UOB Kay Hian analysts Leow Huey Chuen and Jacquelyn Yow Hui Li have also kept their “buy” calls and target price of $5.50. They expect 2HFY2022 earnings to “remain resilient” from better sales and higher margins. “We expect the palm upstream operation contribution to be lower as commodity prices have softened recently but still better y-o-y,” they write.
However, Maybank Securities’ Thilan Wickramasinghe is less impressed: He has downgraded the counter to “hold” from “buy” and slashed his target price to $4.47 from $6.56.
“We see limited catalysts for the stock to re-rate until better clarity on Chinese re-opening and global growth comes,” the analyst explains. “We have lowered the peer weighting in our blend to 10% (around 20%) given the massive discount Wilmar trades to its own listed parts elsewhere.”
He adds that among the agricultural counters listed on the Singapore Exchange (SGX), the analyst prefers Bumitama Agri (BAL) for its strong output outlook, valuations and yield.
Wilmar’s earnings growth, Wickramasinghe notes, was primarily driven by higher upstream palm oil prices, where downside risks to average selling prices (ASPs) are increasing. “Concurrently, downstream demand and margin recovery may take longer in a backdrop of recession and prolonged Chinese lockdowns,” he writes.

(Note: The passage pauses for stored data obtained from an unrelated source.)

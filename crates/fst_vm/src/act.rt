//! What single instructions do that ask for nothing.

ghost use Rattle.std.specs.Prelude.{◌≡◌, List, IfOk, option_map, slice_get};
ghost use Rattle.fst_types.specs.declared.family.Family.{Family};
ghost use Rattle.fst_value.specs.Parts.{form_of};
ghost use Rattle.fst_value.specs.Stacks.{Makes};
ghost use Rattle.fst_machine.specs.Spots.{captured_count, of_scalar};
ghost use Rattle.fst_vm.specs.Acts.{Acts, Goes, armed, branched, gone_on, parts, returned, shorter};
ghost use Rattle.fst_vm.specs.Moves.{computed, negated, truth_on, with_one};
ghost use Rattle.fst_vm.specs.Running.{code_of};
ghost use Rattle.fst_vm.specs.Scalars.{scalar_at};

use crate::operators::operated;
use crate::places::entry_at;
use crate::running::Caller;
use crate::slots::Slots;
use fst_machine::{Code, Instr};
use fst_terms::Op;
use fst_value::{Form, Stack, Value};
use std::alloc::{AllocError, Global};

// Where the code goes on, if the step was made.
fn to(place: u64, done: Result<bool, AllocError>) -> Result<Option<u64>, AllocError>
    ensures { result ≡ gone_on place done }
{
    Ok(if done? { Some(place) } else { None })
}

// The value of a base type that this is the form of.
fn value_of(alloc: Global, form: Form) -> Result<Value, AllocError>
    ensures { IfOk result (λ v. v ≡ of_scalar (scalar_at form)) }
{
    match form {
        Form::Int(number) => Value::int(alloc, number),
        Form::Bool(truth) => Value::bool(alloc, truth),
        Form::Char(character) => Value::char(alloc, character),
        _ => Value::unit(alloc),
    }
}

// Puts the value of a base type that this is the form of onto the stack.
fn push(alloc: Global, form: Form, stack: &mut Stack) -> Result<bool, AllocError>
    ensures { Makes (with_one (of_scalar (scalar_at form))) stack.old result stack.new }
{
    stack.replace(0, value_of(alloc, form)?)?;
    Ok(true)
}

// The form of the value before the last `k` ones.
fn form_at(stack: &Stack, k: usize) -> Option<Form>
    ensures { result ≡ option_map form_of (slice_get stack.now k) }
{
    match stack.get(k) {
        Some(value) => Some(value.form()),
        None => None,
    }
}

fn operate(alloc: Global, op: Op, stack: &mut Stack) -> Result<bool, AllocError>
    ensures { Makes (computed op) stack.old result stack.new }
{
    let (left, right) = match (form_at(stack, 1), form_at(stack, 0)) {
        (Some(left), Some(right)) => (left, right),
        _ => return Ok(false),
    };
    match operated(op, left, right) {
        Some(form) => {
            stack.replace(2, value_of(alloc, form)?)?;
            Ok(true)
        }
        None => Ok(false),
    }
}

// The truth value that the last value is.
fn last_truth(stack: &Stack) -> Option<bool>
    ensures { result ≡ truth_on stack.now }
{
    match form_at(stack, 0) {
        Some(Form::Bool(truth)) => Some(truth),
        _ => None,
    }
}

fn negate(alloc: Global, stack: &mut Stack) -> Result<bool, AllocError>
    ensures { Makes negated stack.old result stack.new }
{
    match last_truth(stack) {
        Some(truth) => {
            stack.replace(1, Value::bool(alloc, !truth)?)?;
            Ok(true)
        }
        None => Ok(false),
    }
}

// Where the code goes on behind a branch.
fn branch(stack: &mut Stack, place: u64, behind: u64) -> Option<u64>
    ensures { Goes (branched place behind) stack.old (Ok result) stack.new }
{
    let truth = last_truth(stack)?;
    stack.pop();
    if truth { Some(behind) } else { Some(place) }
}

// Where the code goes on without the last value.
fn drop_last(stack: &mut Stack, behind: u64) -> Option<u64>
    ensures { Goes (shorter behind) stack.old (Ok result) stack.new }
{
    stack.pop()?;
    Some(behind)
}

// Where the code goes on in the arm of a constructor, whose fields are put on the stack.
fn enter_arm(alloc: Global, places: &[u64], stack: &mut Stack) -> Result<Option<u64>, AllocError>
    ensures { Goes (armed places.now) stack.old result stack.new }
{
    let maker = match form_at(stack, 0) {
        Some(Form::Make(_, maker)) => maker as usize,
        _ => return Ok(None),
    };
    if places.len() <= maker {
        return Ok(None);
    }
    stack.split_make(alloc)?;
    Ok(Some(places[maker]))
}

/// How many values a function or a task captures.
pub(crate) fn captured_count(code: &Code, lambda: u32) -> u32
    ensures { result ≡ captured_count (slice_get code.now.lambdas.items lambda) }
{
    match entry_at(code, lambda) {
        Some(entry) => entry.captured.len() as u32,
        None => 0,
    }
}

// Goes back to where the function was applied or the global used.
fn go_back(slots: &mut Slots, calls: &mut Vec<Caller>) -> Option<u64>
    ensures { Goes returned (slots.old, calls.old.items) (Ok result) (slots.new, calls.new.items) }
{
    let caller = calls.pop()?;
    *slots = caller.slots;
    Some(caller.place)
}

/// Does what an instruction does that is followed by a place, and says where the code goes on, if it asks for nothing. Where
/// there is no room, nothing changes.
pub(crate) fn act(
    alloc: Global,
    code: &Code,
    instr: &Instr,
    behind: u64,
    slots: &mut Slots,
    stack: &mut Stack,
    calls: &mut Vec<Caller>,
) -> Result<Option<u64>, AllocError>
    ensures { (fs : List Family) → Acts (code_of fs code.now) instr.now behind
        (parts slots.old stack.old calls.old.items) result
        (parts slots.new stack.new calls.new.items) }
{
    match instr {
        Instr::Int(number) => to(behind, push(alloc, Form::Int(*number), stack)),
        Instr::Bool(truth) => to(behind, push(alloc, Form::Bool(*truth), stack)),
        Instr::Char(character) => to(behind, push(alloc, Form::Char(*character), stack)),
        Instr::Unit => to(behind, push(alloc, Form::Unit, stack)),
        Instr::Load(k) => to(behind, slots.load(alloc, *k, stack)),
        Instr::Take(k) => to(behind, slots.take(*k, stack)),
        Instr::Bind => to(behind, slots.bind(stack)),
        Instr::Unbind(count) => {
            slots.leave(*count);
            Ok(Some(behind))
        }
        Instr::Pair => to(behind, stack.join_pair()),
        Instr::Split => to(behind, stack.split_pair(alloc)),
        Instr::Make(n, maker, count) => to(behind, stack.join_make(alloc, *n, *maker, *count)),
        Instr::Function(lambda) => {
            to(
                behind,
                stack.join_function(alloc, *lambda, captured_count(code, *lambda)),
            )
        }
        Instr::Operate(op) => to(behind, operate(alloc, *op, stack)),
        Instr::Not => to(behind, negate(alloc, stack)),
        Instr::Branch(place) => Ok(branch(stack, *place, behind)),
        Instr::Jump(place) => Ok(Some(*place)),
        Instr::Case(places) => enter_arm(alloc, places, stack),
        Instr::Drop => Ok(drop_last(stack, behind)),
        Instr::Return => Ok(go_back(slots, calls)),
        Instr::Call
        | Instr::Global(_)
        | Instr::New(_)
        | Instr::Send
        | Instr::Receive
        | Instr::Close
        | Instr::Wait
        | Instr::Select(_)
        | Instr::Match(_)
        | Instr::Fork(_) => Ok(None),
    }
}
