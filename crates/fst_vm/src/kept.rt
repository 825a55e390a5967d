ghost use Rattle.std.specs.Prelude.{◌≡◌, ◌<◌, ◌≤◌, IfOk, OnOk};
ghost use Rattle.fst_vm.specs.TaskView.{TaskView};
ghost use Rattle.fst_vm.specs.Tasks.{HasNext, Takes, GoesOn};
ghost use Rattle.fst_vm.specs.Slot.{has_ended, is_step, moves_alone};
ghost use Rattle.fst_vm.specs.Going.{MovesOn, StepsOn, CanStepOn};
ghost use Rattle.fst_vm.specs.SlotOf.{slot_of};

use crate::task::Task;
use fst_machine::{Answer, Code, Request};
use std::alloc::AllocError;

/// What is kept of a task: what it asks for, and its clock.
#[derive(Drop)]
pub struct Slot {
    pub task: Task,
    pub request: Request,
    pub clock: u64,
}

/// What is kept of a task that has ended.
#[derive(Drop)]
pub struct EndedTask {
    pub task: Task,
    pub clock: u64,
}

/// Whether a task that asks for this has ended.
pub fn has_ended(request: &Request) -> bool
    ensures { result ≡ has_ended request.now }
{
    match request {
        Request::Step => false,
        Request::New(_) => false,
        Request::Fork => false,
        Request::Put(_, _) => false,
        Request::Get(_) => false,
        Request::Ended => true,
    }
}

/// Whether a task that asks for this can move alone, where the module has so many types.
pub fn moves_alone(types: usize, request: &Request) -> bool
    ensures { result ≡ moves_alone types request.now }
{
    match request {
        Request::Step => true,
        Request::New(number) => (*number as usize) < types,
        Request::Fork => true,
        Request::Put(_, _) => false,
        Request::Get(_) => false,
        Request::Ended => false,
    }
}

// Gives a task an answer.
fn resume(task: &mut Task, code: &Code, answer: Answer) -> Result<(), AllocError>
    requires { ∥ Takes code.now task.old answer ∥₁ }
    ensures { OnOk result (GoesOn code.now task.old answer task.new) }
{
    match task.resume(code, answer) {
        Ok(()) => Ok(()),
        Err((_, e)) => Err(e),
    }
}

/// Gives the task of a slot an answer, after which it goes on to what it asks for then. Its clock counts one more, and is
/// at least this.
pub fn move_on(slot: &mut Slot, code: &Code, answer: Answer, least: u64) -> Result<(), AllocError>
    requires takes { ∥ Takes code.now slot.old.task answer ∥₁ }
    requires next { (u : TaskView) → GoesOn code.now slot.old.task answer u →
        ∥ HasNext code.now u ∥₁ }
    requires few { slot.old.clock < 4294967295 }
    ensures { OnOk result (MovesOn code.now answer least (slot_of slot.old) (slot_of slot.new)) }
{
    resume(&mut slot.task, code, answer)?;
    slot.request = slot.task.advance(code)?;
    slot.clock = (slot.clock + 1).max(least);
    Ok(())
}

// Whether a task that asks for this is to step.
fn is_step(request: &Request) -> bool
    ensures { result ≡ is_step request.now }
{
    match request {
        Request::Step => true,
        Request::New(_) => false,
        Request::Fork => false,
        Request::Put(_, _) => false,
        Request::Get(_) => false,
        Request::Ended => false,
    }
}

/// Has the task of a slot step as often as it asks to, up to so many times, and answers how often that was.
pub fn step_on(slot: &mut Slot, code: &Code, most: u64) -> Result<u64, AllocError>
    requires { CanStepOn code.now most (slot_of slot.old) }
    ensures steps { IfOk result (λ n. StepsOn code.now n (slot_of slot.old) (slot_of slot.new)) }
    ensures most { IfOk result (λ n. n ≤ most) }
    ensures some { IfOk result (λ n. 0 < most → slot.old.request ≡ Request.Step → 0 < n) }
{
    let mut count = 0;
    while count < most && is_step(&slot.request) {
        move_on(slot, code, Answer::Go, 0)?;
        count += 1;
    }
    Ok(count)
}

Higher CPO prices — which helped drive growth — is also likely to moderate by 32% y-o-y in the FY2023. “Even after such a price fall, CPO prices would still be higher than the past eight years (barring 2021). In the current inflationary backdrop this may drive demand destruction. We have lowered FY2022 to FY2024 segment volumes by 21% to 27%,” adds Wickramasinghe. — Felicia Tan
StarHub
Price target:
RHB Group Research ‘hold’ $1.20
UOB Kay Hian ‘hold’ $1.30
Maybank Securities ‘hold’ $1.32
Expenditure to ‘weigh heavily’ on StarHub’s earnings
While they differ in their assessment of StarHub’s reported 1HFY2022 earnings, analysts have generally kept their “hold” calls on the telco, as they expect planned capital and operating expenditure to weigh down on earnings in the coming few years.
On Aug 4, StarHub reported revenue of $1.06 billion for its 1HFY2022 ended June 30, up 8.7% y-o-y. However, earnings dropped 10.3% y-o-y to $60.9 million due to higher costs.
UOB Kay Hian’s Chong Lee Len and Llelleythan Tan say Starhub’s earnings for the quarter ended June 30 are “within expectations,” but RHB says the results “fell short”. On the other hand, Maybank’s Kelvin Tan says that while Starhub’s ebitda and patmi met expectations, the latter was “underwhelming”.
Tan sees potential in the return of high margin roaming and incoming English Premier League (EPL) revenue in August to provide major earnings tailwinds for 2HFY2022. However, given the ongoing cost pressures from heavier capex requirements, he has his FY2022 to FY2024 earnings estimates by 8% to 10%.
Still, UOB Kay Hian’s Tan and Chong are wary of potential margin compression but they believe that Starhub is on track to meet or exceed its FY2022 guidance of 10% revenue growth and an ebitda margin of at least 20%.
As seen from 1HFY2022, StarHub has beaten its own guidance. “Given that revenue contribution from the newly-launched English Premier League packages only starts in 2HFY2022, along with an expected recovery in roaming data in 2HFY2022, we expect 2HFY2022 service revenue growth to exceed the group’s 2022 guidance,” the UOB Kay Hian analysts write.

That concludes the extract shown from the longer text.